Wow!  That suede is just beautiful and the Richmond looks great too.

Dooney got me on day 14.  Seville Callie in Natural.


----------



## MrsKC

PcanTannedBty said:


> Wow!!! Beautiful bags girlfriend! That suede is popping!





elbgrl said:


> Congrats on your new bags KC, they are both gorgeous!





reginatina said:


> Oh my. Both are so lovely, but that green suede is so gorgeous!  Green is my favorite color, and I just love how bold and sophisticated that bag looks. Congrats!  I wouldn't be able to wait either.




Thanks so much Ladies !!


----------



## MrsKC

MiaBorsa said:


> Wow, two beauties KC!!       The zipzip is gorgeous in suede and I really like the look of that Richmond.   Is the Richmond similar in size to the Lexington shopper?   Congrats!!

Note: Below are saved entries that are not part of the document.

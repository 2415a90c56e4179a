//! Tests whether a flow within its bounds costs least: first whether it is feasible, then whether a feasible flow costs
//! less.

ghost use Rattle.std.specs.Prelude.{IfOk};
ghost use Rattle.dimacs_judging.specs.Feasible.{FeasibleMin};
ghost use Rattle.dimacs_decide.specs.{Bounds.{KeepsBounds}, FeasibilityDecision.{DecidesFeasible}};
ghost use Rattle.dimacs_decide.specs.Incidence.{IsIncidenceOf};
ghost use Rattle.dimacs_solve.specs.inside.Descending.{IsReply};

use dimacs_claims::{Cut, Potentials};
use dimacs_decide::{
    FeasibilityDecision, Incidence, MinDecision, decide_feasible, decide_feasible_over,
    decide_min_from,
};
use dimacs_instance::MinInstance;
use dimacs_judging::Flow;
use dimacs_lines::Memory;
use dimacs_network::Network;
use std::alloc::Global;

/// The reply about a flow within its bounds.
#[derive(Drop)]
pub(crate) enum Reply {
    /// It costs least; the potentials show it.
    Optimal(Potentials),
    /// No flow is feasible; the set shows it.
    Infeasible(Cut),
    /// It isn't least; this flow is better.
    Better(Flow),
}

/// `potentials` are a hint, used if the flow is feasible: good ones make the test fast.
pub(crate) fn ask<N: Network>(
    alloc: Global,
    instance: &MinInstance<N>,
    flow: &Flow,
    potentials: Potentials,
) -> Result<Reply, Memory>
    requires { KeepsBounds instance.now.arcs flow.now }
    ensures { IfOk result (IsReply instance.now flow.now) }
{
    let decision = decide_feasible(alloc, instance, flow)?;
    reply_to(alloc, instance, flow, decision, potentials)
}

/// `incidence` has the arcs of the network by their ends; several questions can share it.
pub(crate) fn ask_over<N: Network>(
    alloc: Global,
    instance: &MinInstance<N>,
    incidence: &Incidence,
    flow: &Flow,
) -> Result<Reply, Memory>
    requires within { KeepsBounds instance.now.arcs flow.now }
    requires incidence { IsIncidenceOf instance.now.arcs incidence.now }
    ensures { IfOk result (IsReply instance.now flow.now) }
{
    let decision = decide_feasible_over(alloc, instance, incidence, flow)?;
    let nothing_known = Potentials::new(alloc, instance.network().nodes());
    reply_to(alloc, instance, flow, decision, nothing_known)
}

/// The reply, once it is known whether the flow is feasible.
fn reply_to<N: Network>(
    alloc: Global,
    instance: &MinInstance<N>,
    flow: &Flow,
    decision: FeasibilityDecision,
    potentials: Potentials,
) -> Result<Reply, Memory>
    requires { DecidesFeasible instance.now flow.now decision }
    ensures { IfOk result (IsReply instance.now flow.now) }
{
    match decision {
        FeasibilityDecision::Balanced => ask_cost(alloc, instance, flow, potentials),
        FeasibilityDecision::Infeasible(set) => Ok(Reply::Infeasible(set)),
        FeasibilityDecision::LessExcess(nearer) => Ok(Reply::Better(nearer)),
    }
}

fn ask_cost<N: Network>(
    alloc: Global,
    instance: &MinInstance<N>,
    flow: &Flow,
    potentials: Potentials,
) -> Result<Reply, Memory>
    requires { FeasibleMin instance.now flow.now }
    ensures { IfOk result (IsReply instance.now flow.now) }
{
    match decide_min_from(alloc, instance, flow, potentials)? {
        MinDecision::Optimal(slack) => Ok(Reply::Optimal(slack)),
        MinDecision::Better(cheaper) => Ok(Reply::Better(cheaper)),
    }
}
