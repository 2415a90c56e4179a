//! Rests: what is still to be dealt out between two nodes, stored at the first arc between them.

ghost use Rattle.std.specs.Prelude.{◌≡◌, ◌<◌, ◌+◌, ◌^◌, ◌+ℤ◌, [], ℕ, ℤ, List, pos, length, replicate, IfNone, IfOk, IfSome, OnOk, ◌≢◌};
ghost use Rattle.std.specs.List.{All};
ghost use Rattle.dimacs_instance.specs.MinFlows.{HasBounds};
ghost use Rattle.dimacs_records.specs.Ranges.{IsWhole};
ghost use Rattle.dimacs_judging.specs.{Rows.{amount_at}, Tests.{TestsRow}};
ghost use Rattle.dimacs_solve.specs.Spread.{unknown_row};
ghost use Rattle.dimacs_solve.specs.inside.Rests.{AddUp, AreLows, AreRests, RestFails, rest_row};

use crate::arcs_by_ends::ArcsByEnds;
use dimacs_claims::Entry;
use dimacs_judging::Where;
use dimacs_lines::Memory;
use dimacs_network::Network;
use dimacs_records::Reason;
use std::alloc::Global;

pub(crate) fn no_rests(alloc: Global, arcs: u32) -> Result<Vec<i128>, Memory>
    ensures { IfOk result (λ rests. rests.items ≡ replicate arcs (pos 0)) }
{
    Ok(vec![in alloc; 0i128; arcs as usize]?)
}

pub(crate) fn no_amounts(alloc: Global, arcs: u32) -> Result<Vec<i64>, Memory>
    ensures { IfOk result (λ amounts. amounts.items ≡ replicate arcs (pos 0)) }
{
    Ok(vec![in alloc; 0i64; arcs as usize]?)
}

/// Puts its lower bound on each arc, and subtracts it from the rest between its ends.
pub(crate) fn put_lows<N: Network>(
    arcs: &ArcsByEnds<'_, N>,
    rests: &mut [i128],
    amounts: &mut [i64],
)
    requires bounds { All HasBounds arcs.now }
    requires no_rests { rests.old ≡ replicate (length arcs.now) (pos 0) }
    requires no_amounts { amounts.old ≡ replicate (length arcs.now) (pos 0) }
    ensures rests { AreRests arcs.now (length arcs.now) rests.new }
    ensures lows { AreLows arcs.now (length arcs.now) amounts.new }
    ensures sums { AddUp arcs.now [] rests.new amounts.new }
{
    for arc in 0..arcs.len() {
        let low = arcs.arc(arc).low;
        amounts[arc as usize] = low;
        rests[arcs.first_parallel(arc) as usize] -= i128::from(low);
    }
}

/// Adds each entry to the rest between its ends. `UnknownArc` at the first entry without an arc.
pub(crate) fn add_entries<N: Network>(
    arcs: &ArcsByEnds<'_, N>,
    entries: &[Entry],
    rests: &mut [i128],
) -> Result<(), (Where, Reason)>
    requires rests { AreRests arcs.now (length arcs.now) rests.old }
    requires arc_limit { length arcs.now < 2 ^ 32 }
    requires entry_limit { length entries.now < 2 ^ 63 }
    ensures unknown { TestsRow (unknown_row arcs.now entries.now) result }
    ensures rests { OnOk result (AreRests arcs.now (length arcs.now + length entries.now) rests.new) }
    ensures sums { OnOk result ((x : List ℤ) → AddUp arcs.now [] rests.old x → AddUp arcs.now entries.now rests.new x) }
{
    for entry in entries {
        let Some(first) = arcs.first(entry.tail, entry.head) else {
            let place = Where::Solution {
                line: entry.line,
                field: 0,
            };
            return Err((place, Reason::UnknownArc));
        };
        rests[first as usize] += i128::from(entry.flow);
    }
    Ok(())
}

/// Adds each rest that is left to its arc, which then violates its bounds. Refuses the first arc whose amount doesn't
/// fit 64 bits, for the reason for which the judge would.
pub(crate) fn put_rests(rests: &[i128], amounts: &mut [i64]) -> Result<(), (Where, Reason)>
    requires one_each { length rests.now ≡ length amounts.old }
    requires arc_limit { length amounts.old < 2 ^ 32 }
    ensures put { OnOk result ((k : ℕ) → amount_at amounts.new k ≡ amount_at amounts.old k +ℤ amount_at rests.now k) }
    ensures fits { TestsRow (rest_row amounts.old rests.now) result }
{
    for arc in 0..amounts.len() {
        let rest = rests[arc];
        match with_rest(amounts[arc], rest) {
            Some(amount) => amounts[arc] = amount,
            None => return Err((Where::Arc(arc as u32 + 1), reason_of(rest))),
        }
    }
    Ok(())
}

/// The sum of an amount and a rest, if it fits 64 bits.
fn with_rest(amount: i64, rest: i128) -> Option<i64>
    ensures sum { IfSome result (λ sum. sum ≡ amount +ℤ rest) }
    ensures wide { IfNone result (¬ IsWhole (amount +ℤ rest)) }
{
    let sum = rest.checked_add(i128::from(amount))?;
    i64::try_from(sum).ok()
}

/// The reason to refuse a rest other than 0.
fn reason_of(rest: i128) -> Reason
    requires { rest ≢ pos 0 }
    ensures { RestFails rest result }
{
    if rest < 0 {
        Reason::BelowLow
    } else {
        Reason::AboveCap
    }
}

Thanks Sarah, well I don't have any Lexingtons, bot I am thinking it is like the small. Not sure of the weight yet. Will have to unwrap and carry it. Since Dooney doesn't list the weight and I have never seen this bag anywhere else, I am not sure of that....


----------



## MrsKC

MaryBel said:


> Who could, not any of us!
> 
> 
> Love them both but especially the zip zip! Its gorgeous! Congrats!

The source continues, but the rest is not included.